_Listed entries:_

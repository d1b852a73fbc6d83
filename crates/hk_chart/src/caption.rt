//! What stands around the shapes of a picture.
ghost use Rattle.std.specs.Prelude.{◌≡◌, ◌<◌, ◌≤◌, ◌^◌, ◌++◌, [], codes, length, IfOk};
ghost use Rattle.std.specs.List.{flat_map};
ghost use Rattle.hk_chart.specs.Drawing.{head_text, style_text, caption_text, legend_text, task_label, axis_texts, grid_texts, with_head, with_names, with_plot, top_text, owed_place, ticks_place, owed_start_text, middle_text, between_text, bottom_text};

use crate::chart::Chart;
use crate::drawing::{
    axis_line, below_line, counts_line, curve_end_line, curve_start_line, frame_line, grid_line,
    label_line, name_line, owed_units, plot_line, size_line, upright_line,
};
use crate::span::Span;
use crate::task::Task;
use crate::text::Text;
use std::alloc::{AllocError, Global};

/// How a picture begins.
fn head_text() -> &'static [u8]
    ensures { result.now ≡ head_text }
{
    b"<svg xmlns=\"http://www.w3.org/2000/svg\" role=\"graphics-document document\" aria-labelledby=\"title\" aria-describedby=\"desc\" font-family=\"monospace\" font-size=\"15\"\n"
}

/// What a picture shows, in words, and its colours.
fn style_text() -> &'static [u8]
    ensures { result.now ≡ style_text }
{
    b"<desc id=\"desc\">One lane for each task, one for the collector and one for nobody, along an axis of ticks. A rectangle is a run of ticks of one lane. Upright strokes, from the top of a lane to its foot: outputs and faults, arrivals of jobs, their ends, and their deadlines; in the lane of the collector, lost attempts. Below: how many events the collector owed at least, and how many ticks the collector had so far, and how many nobody had.</desc>\n<style>\nsvg svg{overflow:visible}path{fill:none}\n.high{stroke:#0072b2}.low{stroke:#56b4e9}.collector{stroke:#009e73}.lost{stroke:#d55e00}.nobody{stroke:#bbbbbb}\n.high,.low,.collector,.lost,.nobody{stroke-width:10}\n.arrival,.end,.deadline,.out,.fault,.mark,.grid,.owed,.collected,.idle{vector-effect:non-scaling-stroke}\n.arrival,.end{stroke:#000000;stroke-width:1.5}.deadline{stroke:#d55e00;stroke-width:2}\n.out{stroke:#e69f00;stroke-width:3}.fault{stroke:#cc79a7;stroke-width:5}.mark{stroke:#d55e00;stroke-width:2}\n.grid{stroke:#dddddd;stroke-width:1}.axis{text-anchor:middle;font-size:13px}\n.owed{fill:#009e73;stroke:#009e73;stroke-width:1}.collected{stroke:#009e73;stroke-width:2}.idle{stroke:#777777;stroke-width:2;stroke-dasharray:5 3}\n</style>\n<clipPath id=\"plot\"><rect x=\"158\" y=\"0\" width=\"1004\" height=\"1200\"/></clipPath>\n<rect width=\"100%\" height=\"100%\" fill=\"#ffffff\"/>\n<text x=\"8\" y=\"32\">\n"
}

/// The names of the curves, and a frame round each plot.
fn caption_text() -> &'static [u8]
    ensures { result.now ≡ caption_text }
{
    b"<text x=\"8\" y=\"20\">owed at least,</text><text x=\"8\" y=\"42\">of the bound</text>\n<text x=\"8\" y=\"100\">ticks so far</text><text x=\"8\" y=\"124\" fill=\"#00664b\">collector: solid</text><text x=\"8\" y=\"148\" fill=\"#555555\">nobody: dashed</text>\n<path d=\"M160 0H1160V60H160z M160 80H1160V180H160z\" stroke=\"#dddddd\"/>\n"
}

/// What the marks are.
fn legend_text() -> &'static [u8]
    ensures { result.now ≡ legend_text }
{
    b"<path class=\"high\" d=\"M160 223h30\"/><text x=\"196\" y=\"228\">high task</text><path class=\"low\" d=\"M320 223h30\"/><text x=\"356\" y=\"228\">low task</text><path class=\"collector\" d=\"M480 223h30\"/><text x=\"516\" y=\"228\">collector</text><path class=\"lost\" d=\"M640 223h30\"/><text x=\"676\" y=\"228\">lost attempt</text><path class=\"nobody\" d=\"M820 223h30\"/><text x=\"856\" y=\"228\">nobody</text>\n<path class=\"out\" d=\"M175 240v6\"/><text x=\"196\" y=\"254\">output</text><path class=\"fault\" d=\"M335 240v6\"/><text x=\"356\" y=\"254\">fault</text><path class=\"arrival\" d=\"M495 244v6\"/><text x=\"516\" y=\"254\">arrival</text><path class=\"end\" d=\"M655 250v6\"/><text x=\"676\" y=\"254\">end</text><path class=\"deadline\" d=\"M835 252v6\"/><text x=\"856\" y=\"254\">deadline</text>\n</g></svg>\n"
}

/// Adds the names of the lanes of tasks.
fn add_labels(text: &mut Text, tasks: &[Task]) -> Result<(), AllocError>
    ensures { IfOk result (λ _. text.new ≡ text.old ++ flat_map task_label tasks.now) }
{
    for task in tasks {
        text.add(label_line(task.name.items.as_slice()).bytes())?;
    }
    Ok(())
}

/// Adds the numbers on the axis.
fn add_axis(text: &mut Text, span: Span) -> Result<(), AllocError>
    requires first { span.first < 2 ^ 32 }
    requires ticks { span.ticks ≤ 2 ^ 32 }
    requires some { 0 < span.ticks }
    ensures { IfOk result (λ _. text.new ≡ text.old ++ axis_texts span) }
{
    for tenth in 0..11 {
        text.add(axis_line(span, tenth).bytes())?;
    }
    Ok(())
}

/// Adds the rules at the ticks of the axis.
fn add_grid(text: &mut Text, span: Span, tasks: u8) -> Result<(), AllocError>
    requires first { span.first < 2 ^ 32 }
    requires ticks { span.ticks ≤ 2 ^ 32 }
    ensures { IfOk result (λ _. text.new ≡ text.old ++ grid_texts span tasks) }
{
    for tenth in 0..11 {
        text.add(grid_line(span, tasks, tenth).bytes())?;
    }
    Ok(())
}

/// Adds the head.
fn add_head(text: &mut Text, span: Span, chart: &Chart) -> Result<(), AllocError>
    ensures { IfOk result (λ _. text.new ≡ with_head text.old span chart.now) }
{
    text.add(head_text())?;
    text.add(size_line(chart.progress.tasks).bytes())?;
    text.add(name_line(span, u64::from(chart.progress.ticks)).bytes())?;
    text.add(style_text())
}

/// Adds the names of all lanes.
fn add_names(text: &mut Text, chart: &Chart) -> Result<(), AllocError>
    ensures { IfOk result (λ _. text.new ≡ with_names text.old chart.now) }
{
    add_labels(text, chart.tasks.all())?;
    text.add(label_line(b"collector").bytes())?;
    text.add(label_line(b"nobody").bytes())?;
    text.add(b"</text>\n")
}

/// Adds the axis, and the plot with its rules.
fn add_plot(text: &mut Text, span: Span, chart: &Chart) -> Result<(), AllocError>
    requires first { span.first < 2 ^ 32 }
    requires ticks { span.ticks ≤ 2 ^ 32 }
    requires some { 0 < span.ticks }
    ensures { IfOk result (λ _. text.new ≡ with_plot text.old span chart.now) }
{
    add_axis(text, span)?;
    text.add(b"<g clip-path=\"url(#plot)\">\n")?;
    text.add(plot_line(span).bytes())?;
    add_grid(text, span, chart.progress.tasks)
}

/// What stands before the shapes.
pub fn top(alloc: Global, span: Span, chart: &Chart) -> Result<Text, AllocError>
    requires first { span.first < 2 ^ 32 }
    requires ticks { span.ticks ≤ 2 ^ 32 }
    requires some { 0 < span.ticks }
    ensures { IfOk result (λ text. text ≡ top_text span chart.now) }
{
    let mut text = Text::new(alloc);
    add_head(&mut text, span, chart)?;
    add_names(&mut text, chart)?;
    add_plot(&mut text, span, chart)?;
    Ok(text)
}

/// Where the plot of what is owed stands.
fn owed_place() -> &'static [u8]
    ensures value { result.now ≡ owed_place }
    ensures short { length result.now ≤ 88 }
{
    b"<svg x=\"160\" y=\"0\" width=\"1000\" height=\"60\" preserveAspectRatio=\"none\" viewBox=\""
}

/// Where the plot of the ticks so far stands.
fn ticks_place() -> &'static [u8]
    ensures value { result.now ≡ ticks_place }
    ensures short { length result.now ≤ 88 }
{
    b"<svg x=\"160\" y=\"80\" width=\"1000\" height=\"100\" preserveAspectRatio=\"none\" viewBox=\""
}

/// What stands between the shapes and the curve of what is owed.
pub fn owed_start(alloc: Global, span: Span, chart: &Chart) -> Result<Text, AllocError>
    ensures { IfOk result (λ text. text ≡ owed_start_text span chart.now) }
{
    let units = owed_units(&chart.progress);
    let mut text = Text::new(alloc);
    text.add(below_line(chart.progress.tasks).bytes())?;
    text.add(caption_text())?;
    text.add(frame_line(owed_place(), span, units).bytes())?;
    text.add(upright_line(units).bytes())?;
    text.add(curve_start_line(b"<path class=\"owed\" d=\"M", span.first).bytes())?;
    Ok(text)
}

/// What stands between that curve and the collector's.
pub fn middle(alloc: Global, span: Span) -> Result<Text, AllocError>
    requires first { span.first < 2 ^ 32 }
    requires ticks { span.ticks ≤ 2 ^ 32 }
    ensures { IfOk result (λ text. text ≡ middle_text span) }
{
    let mut text = Text::new(alloc);
    text.add(curve_end_line(span).bytes())?;
    text.add(b"</g></svg>\n")?;
    text.add(frame_line(ticks_place(), span, span.ticks).bytes())?;
    text.add(upright_line(span.ticks).bytes())?;
    text.add(curve_start_line(b"<path class=\"collected\" d=\"M", span.first).bytes())?;
    Ok(text)
}

/// What stands between that curve and the one of nobody.
pub fn between(alloc: Global, span: Span) -> Result<Text, AllocError>
    requires first { span.first < 2 ^ 32 }
    requires ticks { span.ticks ≤ 2 ^ 32 }
    ensures { IfOk result (λ text. text ≡ between_text span) }
{
    let mut text = Text::new(alloc);
    text.add(curve_end_line(span).bytes())?;
    text.add(curve_start_line(b"<path class=\"idle\" d=\"M", span.first).bytes())?;
    Ok(text)
}

/// What stands behind the curves.
pub fn bottom(alloc: Global, span: Span, chart: &Chart) -> Result<Text, AllocError>
    requires first { span.first < 2 ^ 32 }
    requires ticks { span.ticks ≤ 2 ^ 32 }
    ensures { IfOk result (λ text. text ≡ bottom_text span chart.now) }
{
    let mut text = Text::new(alloc);
    text.add(curve_end_line(span).bytes())?;
    text.add(counts_line(&chart.progress).bytes())?;
    text.add(legend_text())?;
    Ok(text)
}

_What is required:_ Give back precisely the lines above that start at the line containing "for task in" and end at the line containing "of all lanes.", inclusive. No other lines belong in the output.

_Reply:_
    for task in tasks {
        text.add(label_line(task.name.items.as_slice()).bytes())?;
    }
    Ok(())
}

/// Adds the numbers on the axis.
fn add_axis(text: &mut Text, span: Span) -> Result<(), AllocError>
    requires first { span.first < 2 ^ 32 }
    requires ticks { span.ticks ≤ 2 ^ 32 }
    requires some { 0 < span.ticks }
    ensures { IfOk result (λ _. text.new ≡ text.old ++ axis_texts span) }
{
    for tenth in 0..11 {
        text.add(axis_line(span, tenth).bytes())?;
    }
    Ok(())
}

/// Adds the rules at the ticks of the axis.
fn add_grid(text: &mut Text, span: Span, tasks: u8) -> Result<(), AllocError>
    requires first { span.first < 2 ^ 32 }
    requires ticks { span.ticks ≤ 2 ^ 32 }
    ensures { IfOk result (λ _. text.new ≡ text.old ++ grid_texts span tasks) }
{
    for tenth in 0..11 {
        text.add(grid_line(span, tasks, tenth).bytes())?;
    }
    Ok(())
}

/// Adds the head.
fn add_head(text: &mut Text, span: Span, chart: &Chart) -> Result<(), AllocError>
    ensures { IfOk result (λ _. text.new ≡ with_head text.old span chart.now) }
{
    text.add(head_text())?;
    text.add(size_line(chart.progress.tasks).bytes())?;
    text.add(name_line(span, u64::from(chart.progress.ticks)).bytes())?;
    text.add(style_text())
}

/// Adds the names of all lanes.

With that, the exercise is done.